Courageous Leadership – Michelle Carruthers, Food Train
- Written by: Michelle Carruthers — The Food Train Ltd — CEO
- Published: 4th June 2021

Michelle Carruthers, CEO of Food Train, shares her thoughts on Courageous Leadership.
Food Train supports older people in local communities in Scotland by making regular food deliveries, helping with household jobs, and delivering books as part of a library service. The organisation was founded in 1995 with a vision to enable older people to ‘eat well, live well and age well at home’.
What does Courageous Leadership mean to you?
I see it as embracing failure and vulnerability. Leadership is about getting it wrong as well as getting it right and being ok with that. Being comfortable that your best is good enough and conveying that to your teams is important. During the pandemic, particularly in the early stages, my leadership style had to change. What our staff needed was concise, confident and very clear decision making so they could focus on scaling up our services to meet the sudden increased need. It was not a time for collaboration and consultation on plans and strategy, it was about making the daily decisions to keep our services running and keep everyone as safe as possible. I had to communicate clearly that in making those decisions I might not always get it right, but I was listening and making changes as needed. Embracing your own vulnerability, particularly in a period of crisis, is a big part of building resilience and growing as a leader.
What attributes of Courageous Leadership are important to you in your role?
Kindness, listening and holding your nerve. I find keeping aware of the scope and scale of my responsibilities helps me work through making decisions. Listening is usually more important than talking, and though everyone might not be fully in agreement with you all the time, making sure decisions are communicated on time, clearly and with rationale is essential.
Poise is important. Displaying personal and professional poise helps others sense your confidence in your skills, knowledge and expertise. Poise is a demonstration of confidence that can help displace judgements and bias.
I believe kindness underpins courageous leadership. You might be saying things that are tough and difficult for people to hear, but you can make that experience easier with kindness. Seeking improvements in yourself remains constant in leadership; every day is a school day with something to learn from everyone around you.
Is authenticity important to you and how do you bring it to your position?
I believe it is a fundamental part of leadership in our sector. You need to be committed to your organisation’s vision and purpose and the understanding that your role is about service to others. Acknowledging you cannot work alone is another part of being an authentic leader. It takes the coordinated and committed efforts of thousands of other to keep Food Train on track. Seeking out and nurturing those relationships are a big part of my job.
I embrace when journalists are writing articles about Food Train and describe me as ‘passionate’ or ‘committed’ or even ‘formidable’; it is exactly what I am and what I believe our organisation needs from me. The people I need to impress with my leadership are our charity’s beneficiaries, I do that by knowing our vision, working to our standards and trusting my instincts.
Throughout your journey what, or who, has been influential in shaping your leadership style?
I had an experience in my late teens as a student nurse when I uncovered abuse of patients and became a whistleblower. I was young and naïve but very driven by a profound and deep sense that something was very wrong and any failure to act would have made me complicit. I was treated very poorly in the processes that followed. This has had a deep and lasting effect on me, and I believe that has underpinned how my leadership style has developed.
When I first joined Food Train one of the founder members was a very formidable lady, Jean Mundell, she gave the last fourteen years of her life to improving the lives of local older people in her neighbourhood and set up Food Train for her peers. She spent her retirement years until her death in complete service to other people. Age discrimination was something she became very aware of and seeing her act strongly and with such passion as an older people’s champion was remarkable. The commitment to purpose, it all comes back to that. Jean had an unshakeable belief she could change society for the better and was enormously influential in my leadership journey.

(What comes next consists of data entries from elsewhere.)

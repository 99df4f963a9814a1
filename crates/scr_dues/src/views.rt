//! What decides which callback of an instance is due (OSGi Compendium 8, chapter 112, "Component Life Cycle").
ghost use Rattle.callback_orders.specs.Lives.{held_for, phase_of};
ghost use Rattle.prop_map.specs.Words.{with_places};
ghost use Rattle.scr_world.specs.Views.{bundle_of_instance, ends, is_changed, is_ready, reference_view, references_in, view_as, view_of};
ghost use Rattle.scr_world.specs.Worlds.{sorted};
ghost use Rattle.std.specs.Prelude.{◌≡◌, IfOk, map};

use crate::changes::{awaits_modified, is_changed};
use crate::components::references_in;
use crate::desires::desired_for;
use crate::own_rows::OwnRows;
use crate::readiness::{bundle_of_instance, has_holder, is_ready};
use crate::services::sorted;
use callback_orders::{HeldService, InstanceView, Phase, ReferenceView, Wish};
use component_dto::Reference;
use prop_map::{List, OutOfMemory, Str};
use scr_world::{Instance, World, ends};
use std::alloc::Global;

// Services, each with whether it is ready for a bundle.
fn wishes(
    alloc: Global,
    own: &OwnRows,
    world: &World,
    bundle: u64,
    services: &[u64],
) -> Result<Vec<Wish>, OutOfMemory>
    ensures { IfOk result (λ v. v.items ≡ map (λ s. record { service = s; ready = is_ready world.now bundle s }) services.now) }
{
    services
        .iter()
        .copied()
        .map(|service| Wish {
            service,
            ready: is_ready(own, world, bundle, service),
        })
        .collect(alloc)
}

// Services, each with whether it changed since an instance was told of it.
fn changes(
    alloc: Global,
    own: &OwnRows,
    world: &World,
    instance: &Instance,
    reference: &Str,
    services: &[u64],
) -> Result<Vec<HeldService>, OutOfMemory>
    ensures { IfOk result (λ v. v.items ≡ map (λ s. record { service = s; changed = is_changed world.now instance.now reference.now s }) services.now) }
{
    services
        .iter()
        .copied()
        .map(|service| HeldService {
            service,
            changed: is_changed(own, world, instance, reference, service),
        })
        .collect(alloc)
}

// What an instance holds for a reference, best first.
fn held_services(
    alloc: Global,
    own: &OwnRows,
    world: &World,
    instance: &Instance,
    reference: &Str,
) -> Result<Vec<HeldService>, OutOfMemory>
    ensures { IfOk result (λ v. v.items ≡ map (λ s. record { service = s; changed = is_changed world.now instance.now reference.now s })
        (sorted world.now (held_for reference.now instance.now.callbacks))) }
{
    let held = instance.callbacks.held(reference);
    let best_first = sorted(alloc, own, world, held)?;
    changes(alloc, own, world, instance, reference, &best_first)
}

fn reference_view(
    alloc: Global,
    own: &OwnRows,
    world: &World,
    ending: bool,
    instance: &Instance,
    place: u64,
    reference: &Reference,
) -> Result<ReferenceView, OutOfMemory>
    ensures { IfOk result (λ v. v ≡ reference_view ending world.now instance.now (place, reference.now)) }
{
    let desired = desired_for(alloc, own, world, ending, instance, place, reference)?;
    let bundle = bundle_of_instance(world, instance);
    Ok(ReferenceView {
        told: reference.updated.is_some(),
        desired: List::of(wishes(alloc, own, world, bundle, &desired)?),
        held: List::of(held_services(alloc, own, world, instance, &reference.name)?),
    })
}

fn reference_views(
    alloc: Global,
    own: &OwnRows,
    world: &World,
    ending: bool,
    instance: &Instance,
    references: &[Reference],
) -> Result<Vec<ReferenceView>, OutOfMemory>
    ensures { IfOk result (λ v. v.items ≡ map (reference_view ending world.now instance.now) (with_places 0 references.now)) }
{
    let mut found = Vec::new(alloc);
    for (at, reference) in references.iter().enumerate() {
        found.push(reference_view(alloc, own, world, ending, instance, at as u64, reference)?)?;
    }
    Ok(found)
}

// What decides it, where the instance is in this phase, ends or doesn't, and is held or isn't: that is told as given.
pub(crate) fn view_as(
    alloc: Global,
    own: &OwnRows,
    world: &World,
    phase: Phase,
    ending: bool,
    unheld: bool,
    instance: &Instance,
) -> Result<InstanceView, OutOfMemory>
    ensures { IfOk result (λ v. v ≡ record (view_as phase ending world.now instance.now) { unheld = unheld }) }
{
    let references = references_in(own, world, instance);
    let views = reference_views(alloc, own, world, ending, instance, references)?;
    Ok(InstanceView {
        instance: instance.number,
        phase,
        ending,
        outstanding: instance.callbacks.is_outstanding(),
        drained: instance.drained,
        unheld,
        stale: awaits_modified(world, instance),
        references: List::of(views),
    })
}

/// What decides which callback of an instance is due.
///
/// # Errors
/// Only want of memory.
pub fn view_of(
    alloc: Global,
    own: &OwnRows,
    world: &World,
    instance: &Instance,
) -> Result<InstanceView, OutOfMemory>
    ensures { IfOk result (λ v. v ≡ view_of world.now instance.now) }
{
    let phase = instance.callbacks.phase();
    let ending = ends(world, instance);
    let unheld = !has_holder(own, world, instance);
    view_as(alloc, own, world, phase, ending, unheld, instance)
}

Bill Brack was a Food Train volunteer, helping in the office when I first started. He had recently retired following a career in forestry in which he had been at the forefront of improvements for workers in the industry. He rapidly became my right-hand man, my go-to person for advice and support. He has a wealth of knowledge on a vast range of subjects and offered wise counsel whenever I needed it. He questioned and challenged and his own leadership standards became the bar I sought to follow.
Finally, there is a dear friend of mine who reminds me we all need scaffolding to prop us up, she continues to be a good influence on me.
In your opinion what, in terms of leadership, is required for the future of health and social care in Scotland?
Leadership in health and social care needs honesty and bravery. Continuing to skirt around the truth of our current landscape, will not bring forward the improvements Scotland needs; open honest conversations with the public are long overdue. Those who have leadership roles now and, in the future, must act with bravery to create the changes people have been asking for. Leaders should place high value on dignity, choice and respect rather than systems, processes and criteria. Power struggles are a barrier to listening, collaborating and acceding control.